CALL TRANSFORMATION id
SOURCE itab = data
RESULT XML lo_writer.
string = lo_writer->get_output( ).
ENDMETHOD.Use this to turn your internal table into JSON quickly.
b) Minimal HTTP handler that serves one gzipped page
Appendix I demonstrates the pattern: set headers, read a deterministic slice, serialize, gzip once, send bytes.
METHOD gzip_json_single_page.
response->set_status( 200 ).
response->set_content_type( 'application/gzip' ).
response->set_header_field(
i_name = 'Content-Disposition'
i_value = |attachment; filename="data_subset.gz"| ).

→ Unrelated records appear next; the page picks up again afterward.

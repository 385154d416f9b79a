//! Applies inputs to a world.

ghost use Rattle.std.specs.Prelude.{◌≡◌, Some, None};
ghost use Rattle.x3d_values.specs.declared.stamped.Cause.TheVariants.{Clock};
ghost use Rattle.embed_world.specs.Pointing as pointing;
ghost use Rattle.embed_c.specs.Answers.{AppliesAt, InputIsApplied};
ghost use Rattle.embed_c.specs.Points.{aimed, direction_of, origin_of, pointed};

use embed_handles::WorldHandle;
use embed_handles::world_handle::{put, take};
use embed_world::{Aim, CLOSED, DONE, RANGE, pointer_of, ray_of, stamped, status_of_apply};
use std::alloc::Global;
use x3d_values::{Cause, Ray, Stamped, Vec3};

/// What an input led to: how many outputs sent, how many routes were followed and how many scripts
/// settled.
#[derive(Clone, Copy)]
#[repr(C)]
pub struct WorkCount {
    pub sends: usize,
    pub deliveries: usize,
    pub settles: usize,
}

/// Applies an input to the world of a handle.
fn apply(alloc: Global, handle: &mut WorldHandle, input: &Stamped, work: &mut WorkCount) -> u8
    ensures { AppliesAt input.now handle.old.world result handle.new.world work.old work.new }
{
    let Some(mut world) = take(handle, alloc) else {
        return CLOSED;
    };
    let answer = world.apply(input);
    put(handle, alloc, world);
    match answer {
        Ok(done) => {
            work.sends = done.sends;
            work.deliveries = done.deliveries;
            work.settles = done.settles;
            DONE
        }
        Err(fault) => status_of_apply(fault),
    }
}

/// Applies a clock with this number, at this time in microseconds.
#[unsafe(no_mangle)]
pub extern "C" fn x3d_world_clock(
    alloc: Global,
    handle: &mut WorldHandle,
    number: u64,
    time: i64,
    work: &mut WorkCount,
) -> u8
    ensures { InputIsApplied (pointing.stamped number time Clock) handle.old.world result
        handle.new.world work.old work.new }
{
    let Some(input) = stamped(number, time, Cause::Clock) else {
        return RANGE;
    };
    apply(alloc, handle, &input, work)
}

/// Returns where the ray begins.
pub(crate) fn origin_of(aim: &Aim) -> Vec3
    ensures { result ≡ origin_of aim.now }
{
    Vec3 {
        x: aim.origin_x,
        y: aim.origin_y,
        z: aim.origin_z,
    }
}

/// Returns the direction of the ray.
pub(crate) fn direction_of(aim: &Aim) -> Vec3
    ensures { result ≡ direction_of aim.now }
{
    Vec3 {
        x: aim.direction_x,
        y: aim.direction_y,
        z: aim.direction_z,
    }
}

/// Returns the ray that a viewer points with. `None` if it is out of range.
pub(crate) fn aimed(aim: &Aim) -> Option<Ray>
    ensures { result ≡ aimed aim.now }
{
    ray_of(origin_of(aim), direction_of(aim))
}

/// Returns the pointer input of viewer `who`. `None` if a number is out of range.
fn pointed(number: u64, time: i64, who: u8, down: bool, aim: &Aim) -> Option<Stamped>
    ensures { result ≡ pointed number time who down aim.now }
{
    let Some(pointer) = pointer_of(who, down, origin_of(aim), direction_of(aim)) else {
        return None;
    };
    stamped(number, time, Cause::Pointer(pointer))
}

/// Applies a pointer of viewer `who` with this number, at this time in microseconds.
#[unsafe(no_mangle)]
pub extern "C" fn x3d_world_point(
    alloc: Global,
    handle: &mut WorldHandle,
    number: u64,
    time: i64,
    who: u8,
    down: bool,
    aim: &Aim,
    work: &mut WorkCount,
) -> u8
    ensures { InputIsApplied (pointed number time who down aim.now) handle.old.world result
        handle.new.world work.old work.new }
{
    let Some(input) = pointed(number, time, who, down, aim) else {
        return RANGE;
    };
    apply(alloc, handle, &input, work)
}
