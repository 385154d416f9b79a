//! The host of a shared world.

ghost use Rattle.std.specs.Prelude.{◌≡◌, Some, None, IfSome, length};
ghost use Rattle.embed_world.specs.Hosts as hosts;
ghost use Rattle.embed_world.specs.declared.host.EmbeddedHost.{EmbeddedHost as Embedded};
ghost use Rattle.embed_world.specs.Status.{Asks, Calls, CallsOut, Hears, out_of_range, HandsOut, no_packet};
ghost use Rattle.embed_c.specs.NodeAnswers.{HostOpens, keeps, status_of_nothing};
ghost use Rattle.embed_world.specs.PeerStatus.{number_by, replied, status_by, status_of_floor, status_of_host, status_of_number};

use embed_handles::HostHandle;
use embed_handles::host_handle::{put, take};
use embed_world::{
    CLOSED, DONE, EmbeddedHost, MEMORY, NO_PACKET, RANGE, ReplyAs, hand_out, status_of_floor,
    tell_heard, tell_number, tell_reply,
};
use std::alloc::Global;

/// Frees the host of a handle, if it has one.
fn empty(alloc: Global, handle: &mut HostHandle)
    ensures { handle.new.host ≡ None }
{
    drop(take(handle, alloc));
}

/// Returns a host on the heap, or `None` if memory runs out.
fn boxed(alloc: Global, host: EmbeddedHost) -> Option<Box<EmbeddedHost>>
    ensures { IfSome result (λ b. b.value ≡ host) }
{
    Box::new(alloc, host).ok()
}

/// Puts a host into a handle, in place of the one that it had. Leaves the handle empty if memory
/// runs out.
fn hold(alloc: Global, handle: &mut HostHandle, host: EmbeddedHost) -> u8
    ensures { HostOpens (Some host) handle.old.host result handle.new.host }
{
    empty(alloc, handle);
    let Some(host) = boxed(alloc, host) else {
        return MEMORY;
    };
    put(handle, alloc, host);
    DONE
}

/// Opens the host of a scene's text for 1 to 64 viewers, in place of the one that the handle had.
#[unsafe(no_mangle)]
pub extern "C" fn x3d_host_open(
    alloc: Global,
    handle: &mut HostHandle,
    text: &[u8],
    viewers: u8,
) -> u8
    ensures { HostOpens (hosts.started text.now viewers) handle.old.host result handle.new.host }
{
    let Some(host) = EmbeddedHost::start(alloc, text, viewers) else {
        return RANGE;
    };
    hold(alloc, handle, host)
}

/// Frees the host. Does nothing if there is none.
#[unsafe(no_mangle)]
pub extern "C" fn x3d_host_close(alloc: Global, handle: &mut HostHandle)
    ensures { handle.new.host ≡ None }
{
    empty(alloc, handle);
}

/// Numbers a clock at this time in microseconds, and writes its number to `number`.
#[unsafe(no_mangle)]
pub extern "C" fn x3d_host_clock(
    alloc: Global,
    handle: &mut HostHandle,
    time: i64,
    number: &mut u64,
) -> u8
    ensures { CallsOut (λ (h : Embedded). hosts.Clocks h time) (status_by status_of_number)
        number_by handle.old.host result handle.new.host number.old number.new }
{
    let Some(mut host) = take(handle, alloc) else {
        return CLOSED;
    };
    let answer = host.clock(time);
    put(handle, alloc, host);
    tell_number(answer, number)
}

/// Takes the bytes of a datagram, and writes what the host did with it to `reply`.
#[unsafe(no_mangle)]
pub extern "C" fn x3d_host_take(
    alloc: Global,
    handle: &mut HostHandle,
    bytes: &[u8],
    reply: &mut ReplyAs,
) -> u8
    ensures { CallsOut (λ (h : Embedded). hosts.HostTakes h bytes.now) (status_by status_of_host)
        replied handle.old.host result handle.new.host reply.old reply.new }
{
    let Some(mut host) = take(handle, alloc) else {
        return CLOSED;
    };
    let answer = host.take(bytes);
    put(handle, alloc, host);
    tell_reply(answer, reply)
}

/// Takes the bytes of a datagram that came from viewer `who`, and writes what the host did with it
/// to `reply`. An offer or an ask of another viewer is refused.
#[unsafe(no_mangle)]
pub extern "C" fn x3d_host_take_from(
    alloc: Global,
    handle: &mut HostHandle,
    who: u8,
    bytes: &[u8],
    reply: &mut ReplyAs,
) -> u8
    ensures { CallsOut (λ (h : Embedded). hosts.HostTakesFrom h who bytes.now)
        (status_by status_of_host) replied handle.old.host result handle.new.host reply.old
        reply.new }
{
    let Some(mut host) = take(handle, alloc) else {
        return CLOSED;
    };
    let answer = host.take_from(who, bytes);
    put(handle, alloc, host);
    tell_reply(answer, reply)
}

/// Writes the number that viewer `who` has asked from, 0 if it hasn't asked, to `asked`.
#[unsafe(no_mangle)]
pub extern "C" fn x3d_host_heard(
    alloc: Global,
    handle: &mut HostHandle,
    who: u8,
    asked: &mut u64,
) -> u8
    ensures kept { handle.new.host ≡ handle.old.host }
    ensures asked { Hears (λ (h : Embedded). hosts.heard_of h who) handle.old.host result asked.old
        asked.new }
{
    let Some(host) = take(handle, alloc) else {
        return CLOSED;
    };
    let found = host.heard(who);
    put(handle, alloc, host);
    tell_heard(found, asked)
}

/// Drops the inputs that every viewer that asked has, except the last `count` of them.
#[unsafe(no_mangle)]
pub extern "C" fn x3d_host_keep(alloc: Global, handle: &mut HostHandle, count: u64) -> u8
    ensures { Calls (keeps count) status_of_nothing handle.old.host result handle.new.host }
{
    let Some(mut host) = take(handle, alloc) else {
        return CLOSED;
    };
    host.keep(count);
    put(handle, alloc, host);
    DONE
}

/// Copies the datagram of the input with this number.
#[unsafe(no_mangle)]
pub extern "C" fn x3d_host_packet(
    alloc: Global,
    handle: &mut HostHandle,
    number: u64,
    out: &mut [u8],
    wanted: &mut usize,
) -> u8
    ensures kept { handle.new.host ≡ handle.old.host }
    ensures packet { HandsOut no_packet (λ (h : Embedded). hosts.input_bytes h number)
        handle.old.host result out.old wanted.old wanted.new out.new }
{
    let Some(host) = take(handle, alloc) else {
        return CLOSED;
    };
    let packet = host.packet(number);
    put(handle, alloc, host);
    hand_out(packet, NO_PACKET, out, wanted)
}

/// Copies the datagram that says how many offers of viewer `who` are numbered.
#[unsafe(no_mangle)]
pub extern "C" fn x3d_host_ack(
    alloc: Global,
    handle: &mut HostHandle,
    who: u8,
    out: &mut [u8],
    wanted: &mut usize,
) -> u8
    ensures kept { handle.new.host ≡ handle.old.host }
    ensures packet { HandsOut out_of_range (λ (h : Embedded). hosts.ack_bytes h who)
        handle.old.host result out.old wanted.old wanted.new out.new }
{
    let Some(host) = take(handle, alloc) else {
        return CLOSED;
    };
    let packet = host.ack(who);
    put(handle, alloc, host);
    hand_out(packet, RANGE, out, wanted)
}

/// Writes the floor to `number`: inputs below it have no datagrams.
#[unsafe(no_mangle)]
pub extern "C" fn x3d_host_floor(alloc: Global, handle: &mut HostHandle, number: &mut u64) -> u8
    ensures kept { handle.new.host ≡ handle.old.host }
    ensures number { Asks (λ (h : Embedded). h.host.part.floor) handle.old.host result number.old
        number.new }
{
    let Some(host) = take(handle, alloc) else {
        return CLOSED;
    };
    *number = host.floor();
    put(handle, alloc, host);
    DONE
}

/// Copies the datagram that says the floor.
#[unsafe(no_mangle)]
pub extern "C" fn x3d_host_floor_packet(
    alloc: Global,
    handle: &mut HostHandle,
    out: &mut [u8],
    wanted: &mut usize,
) -> u8
    ensures kept { handle.new.host ≡ handle.old.host }
    ensures packet { HandsOut no_packet (λ (h : Embedded). Some (hosts.floor_bytes h))
        handle.old.host result out.old wanted.old wanted.new out.new }
{
    let Some(host) = take(handle, alloc) else {
        return CLOSED;
    };
    let packet = host.floor_packet();
    put(handle, alloc, host);
    hand_out(packet, NO_PACKET, out, wanted)
}

/// Drops the inputs below this number.
#[unsafe(no_mangle)]
pub extern "C" fn x3d_host_drop_below(alloc: Global, handle: &mut HostHandle, number: u64) -> u8
    ensures { Calls (λ (h : Embedded). hosts.Drops h number) status_of_floor
        handle.old.host result handle.new.host }
{
    let Some(mut host) = take(handle, alloc) else {
        return CLOSED;
    };
    let answer = host.drop_below(number);
    put(handle, alloc, host);
    status_of_floor(answer)
}

/// Writes how many inputs are numbered to `count`.
#[unsafe(no_mangle)]
pub extern "C" fn x3d_host_count(alloc: Global, handle: &mut HostHandle, count: &mut u64) -> u8
    ensures kept { handle.new.host ≡ handle.old.host }
    ensures count { Asks (λ (h : Embedded). h.host.part.count) handle.old.host result count.old
        count.new }
{
    let Some(host) = take(handle, alloc) else {
        return CLOSED;
    };
    *count = host.count();
    put(handle, alloc, host);
    DONE
}

/// Writes how many viewers there are to `count`.
#[unsafe(no_mangle)]
pub extern "C" fn x3d_host_viewers(alloc: Global, handle: &mut HostHandle, count: &mut u32) -> u8
    ensures kept { handle.new.host ≡ handle.old.host }
    ensures count { Asks (λ (h : Embedded). length h.host.part.kept) handle.old.host result
        count.old count.new }
{
    let Some(host) = take(handle, alloc) else {
        return CLOSED;
    };
    *count = host.viewers();
    put(handle, alloc, host);
    DONE
}
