//! What is asked of a world by a number or a name.

ghost use Rattle.std.specs.Prelude.{◌≡◌};
ghost use Rattle.embed_scene.specs.Fields as fields;
ghost use Rattle.embed_world.specs.Calls.{Lists};
ghost use Rattle.embed_world.specs.Looks as look;
ghost use Rattle.embed_world.specs.Asked.{Describes, FindsNode, TellsTime, time_in};
ghost use Rattle.embed_world.specs.Status.{Calls, status_of_look};
ghost use Rattle.embed_world.specs.declared.world.EmbeddedWorld.{EmbeddedWorld as Embedded};

use embed_handles::WorldHandle;
use embed_handles::world_handle::{put, take};
use embed_world::{CLOSED, FieldAs, status_of_look, tell_field_type, tell_node, tell_time};
use std::alloc::Global;

/// Writes the type and the access of a node's field to `told`.
#[unsafe(no_mangle)]
pub extern "C" fn x3d_world_field_type(
    alloc: Global,
    handle: &mut WorldHandle,
    node: u32,
    field: u16,
    told: &mut FieldAs,
) -> u8
    ensures kept { handle.new.world ≡ handle.old.world }
    ensures told { Describes (λ (w : Embedded). fields.field_at w.stage.scene node field)
        handle.old.world result told.old told.new }
{
    let Some(world) = take(handle, alloc) else {
        return CLOSED;
    };
    let found = world.field_type(node, field);
    put(handle, alloc, world);
    tell_field_type(found, told)
}

/// Writes the number of the node with this name to `node`.
#[unsafe(no_mangle)]
pub extern "C" fn x3d_world_node_named(
    alloc: Global,
    handle: &mut WorldHandle,
    name: &[u8],
    node: &mut u32,
) -> u8
    ensures kept { handle.new.world ≡ handle.old.world }
    ensures node { FindsNode (λ (w : Embedded). w.stage.scene) name.now handle.old.world result
        node.old node.new }
{
    let Some(world) = take(handle, alloc) else {
        return CLOSED;
    };
    let found = world.node_named(name);
    put(handle, alloc, world);
    tell_node(found, node)
}

/// Writes the time of the last input in microseconds, or 0 before the first, to `time`.
#[unsafe(no_mangle)]
pub extern "C" fn x3d_world_time(alloc: Global, handle: &mut WorldHandle, time: &mut i64) -> u8
    ensures kept { handle.new.world ≡ handle.old.world }
    ensures time { TellsTime (λ (w : Embedded). time_in w.stage) handle.old.world result time.old
        time.new }
{
    let Some(world) = take(handle, alloc) else {
        return CLOSED;
    };
    let answer = world.time();
    put(handle, alloc, world);
    tell_time(answer, time)
}

/// Lists the node and the kind of each script that the scene runs.
#[unsafe(no_mangle)]
pub extern "C" fn x3d_world_list_scripts(alloc: Global, handle: &mut WorldHandle) -> u8
    ensures { Calls (λ (w : Embedded). Lists (look.scripts_listed w.stage.scene) w)
        status_of_look handle.old.world result handle.new.world }
{
    let Some(mut world) = take(handle, alloc) else {
        return CLOSED;
    };
    let answer = world.list_scripts();
    put(handle, alloc, world);
    status_of_look(answer)
}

response->set_compression(
options = if_web_http_response⇒co_compress_none ).
response->set_header_field(
i_name = 'Content-Encoding'
i_value = |deflate| ).
SELECT column_1, column_2, ... , column_12
FROM dbtable
ORDER BY column_2
INTO TABLE @DATA(page)
UP TO @page_size ROWS.
cl_abap_gzip⇒compress_binary(
EXPORTING raw_in = convert_json_transformation( page )

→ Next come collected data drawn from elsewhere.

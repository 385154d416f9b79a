//! Numbers of a world: they are listed, then copied out.

ghost use Rattle.std.specs.Prelude.{◌≡◌, length};
ghost use Rattle.cascade_core.specs.Held.{applied_of};
ghost use Rattle.scene_core.specs.Scene.{rows_at};
ghost use Rattle.embed_world.specs.Names.{number_named};
ghost use Rattle.embed_world.specs.Calls.{Lists};
ghost use Rattle.embed_world.specs.Looks as look;
ghost use Rattle.embed_world.specs.Status.{Asks, Calls, Copies, Finds, status_of_look};
ghost use Rattle.embed_c.specs.Answers.{Meeting, met_of, status_of_meet, told};
ghost use Rattle.embed_c.specs.Points.{direction_of, origin_of};
ghost use Rattle.embed_world.specs.Pointing.{ray_of};
ghost use Rattle.embed_world.specs.declared.world.EmbeddedWorld.{EmbeddedWorld as Embedded};

use crate::inputs::{direction_of, origin_of};
use embed_handles::WorldHandle;
use embed_handles::world_handle::{put, take};
use embed_world::{
    Aim, CLOSED, DONE, ListEntry, LookFault, RANGE, copy_numbers, ray_of, status_of_look,
    tell_field,
};
use std::alloc::Global;

/// Lists the roots of the scene.
#[unsafe(no_mangle)]
pub extern "C" fn x3d_world_list_roots(alloc: Global, handle: &mut WorldHandle) -> u8
    ensures { Calls (λ (w : Embedded). Lists (look.roots_in w.stage.scene) w) status_of_look
        handle.old.world result handle.new.world }
{
    let Some(mut world) = take(handle, alloc) else {
        return CLOSED;
    };
    let answer = world.list_roots();
    put(handle, alloc, world);
    status_of_look(answer)
}

/// Lists the nodes in the field `children` of a node.
#[unsafe(no_mangle)]
pub extern "C" fn x3d_world_list_children(alloc: Global, handle: &mut WorldHandle, node: u32) -> u8
    ensures { Calls (λ (w : Embedded). Lists (look.children_in w.stage.scene node) w) status_of_look
        handle.old.world result handle.new.world }
{
    let Some(mut world) = take(handle, alloc) else {
        return CLOSED;
    };
    let answer = world.list_children(node);
    put(handle, alloc, world);
    status_of_look(answer)
}

/// Lists the numbers of a field's current value.
#[unsafe(no_mangle)]
pub extern "C" fn x3d_world_list_value(
    alloc: Global,
    handle: &mut WorldHandle,
    node: u32,
    field: u16,
) -> u8
    ensures { Calls (λ (w : Embedded). Lists (look.numbers_in w.stage node field) w) status_of_look
        handle.old.world result handle.new.world }
{
    let Some(mut world) = take(handle, alloc) else {
        return CLOSED;
    };
    let answer = world.list_value(node, field);
    put(handle, alloc, world);
    status_of_look(answer)
}

/// Writes the number of inputs that were applied, or that had been when memory ran out, to `count`.
#[unsafe(no_mangle)]
pub extern "C" fn x3d_world_applied(alloc: Global, handle: &mut WorldHandle, count: &mut u64) -> u8
    ensures kept { handle.new.world ≡ handle.old.world }
    ensures count { Asks (λ (w : Embedded). applied_of w.stage.held)
        handle.old.world result count.old count.new }
{
    let Some(world) = take(handle, alloc) else {
        return CLOSED;
    };
    *count = world.applied();
    put(handle, alloc, world);
    DONE
}

/// Writes the number of nodes in the scene to `count`.
#[unsafe(no_mangle)]
pub extern "C" fn x3d_world_node_count(
    alloc: Global,
    handle: &mut WorldHandle,
    count: &mut usize,
) -> u8
    ensures kept { handle.new.world ≡ handle.old.world }
    ensures count { Asks (λ (w : Embedded). length w.stage.scene.nodes)
        handle.old.world result count.old count.new }
{
    let Some(world) = take(handle, alloc) else {
        return CLOSED;
    };
    *count = world.node_count();
    put(handle, alloc, world);
    DONE
}

/// Writes the number of fields of a node to `count`.
#[unsafe(no_mangle)]
pub extern "C" fn x3d_world_field_count(
    alloc: Global,
    handle: &mut WorldHandle,
    node: u32,
    count: &mut u32,
) -> u8
    ensures kept { handle.new.world ≡ handle.old.world }
    ensures count { Asks (λ (w : Embedded). length (rows_at w.stage.scene node))
        handle.old.world result count.old count.new }
{
    let Some(world) = take(handle, alloc) else {
        return CLOSED;
    };
    *count = world.field_count(node);
    put(handle, alloc, world);
    DONE
}

/// Writes the number of a node's field with this name to `field`.
#[unsafe(no_mangle)]
pub extern "C" fn x3d_world_field_named(
    alloc: Global,
    handle: &mut WorldHandle,
    node: u32,
    name: &[u8],
    field: &mut u16,
) -> u8
    ensures kept { handle.new.world ≡ handle.old.world }
    ensures field { Finds (λ (w : Embedded). number_named w.stage.scene node name.now)
        handle.old.world result field.old field.new }
{
    let Some(world) = take(handle, alloc) else {
        return CLOSED;
    };
    let found = world.field_named(node, name);
    put(handle, alloc, world);
    tell_field(found, field)
}

/// Copies the numbers that were listed last, if `out` has room for them, and writes how many there
/// are to `wanted`.
#[unsafe(no_mangle)]
pub extern "C" fn x3d_world_copy_numbers(
    alloc: Global,
    handle: &mut WorldHandle,
    out: &mut [i64],
    wanted: &mut usize,
) -> u8
    ensures kept { handle.new.world ≡ handle.old.world }
    ensures numbers { Copies (λ (w : Embedded). w.numbers.items) handle.old.world result out.old
        wanted.old wanted.new out.new }
{
    let Some(world) = take(handle, alloc) else {
        return CLOSED;
    };
    let status = copy_numbers(out, world.numbers(), wanted);
    put(handle, alloc, world);
    status
}

/// Where a ray would enter what it hits first: at `n / m` of the way along its direction. `m` is 0
/// if it hits nothing.
#[derive(Clone, Copy)]
#[repr(C)]
pub struct Met {
    pub n: u64,
    pub m: u64,
}

/// Writes where a ray enters.
fn write_met(entry: Option<ListEntry>, met: &mut Met)
    ensures { met.new ≡ met_of entry }
{
    let Some(entry) = entry else {
        met.n = 0;
        met.m = 0;
        return;
    };
    met.n = entry.n;
    met.m = entry.m;
}

/// Writes where a ray enters, if it was computed, and returns the status.
pub(crate) fn tell_met(answer: Result<Option<ListEntry>, LookFault>, met: &mut Met) -> u8
    ensures status { result ≡ status_of_meet answer }
    ensures told { met.new ≡ told met.old answer }
{
    match answer {
        Ok(entry) => {
            write_met(entry, met);
            DONE
        }
        Err(fault) => status_of_look(Err(fault)),
    }
}

/// Writes where a ray would hit to `met`, and lists the sensors that the hit concerns. The world is
/// unchanged.
#[unsafe(no_mangle)]
pub extern "C" fn x3d_world_meet(
    alloc: Global,
    handle: &mut WorldHandle,
    aim: &Aim,
    met: &mut Met,
) -> u8
    ensures { Meeting (ray_of (origin_of aim.now) (direction_of aim.now)) handle.old.world result
        handle.new.world met.old met.new }
{
    let Some(ray) = ray_of(origin_of(aim), direction_of(aim)) else {
        return RANGE;
    };
    let Some(mut world) = take(handle, alloc) else {
        return CLOSED;
    };
    let answer = world.list_sensors(ray);
    put(handle, alloc, world);
    match answer {
        Ok(entry) => {
            write_met(entry, met);
            DONE
        }
        Err(fault) => status_of_look(Err(fault)),
    }
}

IMPORTING gzip_out = DATA(gzip) ).
response->set_binary( gzip ).
ENDMETHOD.c) Where the handler is wired
Appendix F shows the entry point choosing which implementation to run:
METHOD if_http_service_extension~handle_request.
" choose one of these
gzip_json_single_page( CHANGING request = request response = response ).
" only for demonstration
"gzip_csv_single_page( CHANGING request = request response = response ).
" only for demonstration
"gzip_csv_multiple_pages( CHANGING request = request response = response ).

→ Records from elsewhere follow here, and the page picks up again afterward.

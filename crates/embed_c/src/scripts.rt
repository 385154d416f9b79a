//! The scripts of a world.

ghost use Rattle.std.specs.Prelude.{◌≡◌, Option, Some, None, length};
ghost use Rattle.cascade_core.specs.Scripts.{kinds_in};
ghost use Rattle.embed_world.specs.declared.world.EmbeddedWorld.{EmbeddedWorld as Embedded};
ghost use Rattle.embed_world.specs.Status.{Asks};
ghost use Rattle.embed_c.specs.Answers.{IsReplacing};
ghost use Rattle.embed_c.specs.Points.{kind_of};

use embed_handles::WorldHandle;
use embed_handles::world_handle::{put, take};
use embed_world::{CLOSED, DONE, RANGE, status_of_place};
use std::alloc::Global;
use x3d_values::Kind;

/// Returns the kind with this number: 0 Counter, 1 Gate, 2 Adder, 3 Batch, 4 Mover, 5 Meter.
pub(crate) fn kind_of(number: u8) -> Option<Kind>
    ensures { result ≡ kind_of number }
{
    if number == 0 {
        return Some(Kind::Counter);
    }
    if number == 1 {
        return Some(Kind::Gate);
    }
    if number == 2 {
        return Some(Kind::Adder);
    }
    if number == 3 {
        return Some(Kind::Batch);
    }
    if number == 4 {
        return Some(Kind::Mover);
    }
    if number == 5 {
        return Some(Kind::Meter);
    }
    None
}

/// Writes the number of scripts that the scene runs to `count`.
#[unsafe(no_mangle)]
pub extern "C" fn x3d_world_script_count(
    alloc: Global,
    handle: &mut WorldHandle,
    count: &mut usize,
) -> u8
    ensures kept { handle.new.world ≡ handle.old.world }
    ensures count { Asks (λ (w : Embedded). length (kinds_in w.stage.scene))
        handle.old.world result count.old count.new }
{
    let Some(world) = take(handle, alloc) else {
        return CLOSED;
    };
    *count = world.script_count();
    put(handle, alloc, world);
    DONE
}

/// Replaces the k-th script of a handle's world with a box of this kind.
fn replace(alloc: Global, handle: &mut WorldHandle, k: usize, kind: Kind) -> u8
    ensures { IsReplacing k (Some kind) handle.old.world result handle.new.world }
{
    let Some(mut world) = take(handle, alloc) else {
        return CLOSED;
    };
    let answer = world.replace_script(k, kind);
    put(handle, alloc, world);
    status_of_place(answer)
}

/// Replaces the k-th script with a new box of this kind, which goes on in its state. The world is
/// unchanged.
#[unsafe(no_mangle)]
pub extern "C" fn x3d_world_replace_script(
    alloc: Global,
    handle: &mut WorldHandle,
    k: usize,
    kind: u8,
) -> u8
    ensures { IsReplacing k (kind_of kind) handle.old.world result handle.new.world }
{
    let Some(kind) = kind_of(kind) else {
        return RANGE;
    };
    replace(alloc, handle, k, kind)
}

ENDMETHOD.Ask get_only_count first to get total and recommended pages.
If you ever need CSV, Appendix H shows the single-page CSV + gzip flow. The JSON path above stayed as our final choice because gzip erases most of JSON’s key overhead while keeping tooling friendly. If you'd like to read more on why the JSON -> CSV conversion becomes obsolete after gzipping please check PDF paper.
Use it when
You need to deliver a large, flat dataset fast, usually for batch or analytics.
Think twice when
Consumers need rich OData features like server-side filtering and $expand. You will be giving those up and implementing only what you need in plain HTTP.
Do not concatenate multiple gzip members in one HTTP response if you expect tools like Postman to auto-decompress. Many clients only unpack the first member. Prefer one contiguous gzip stream per response.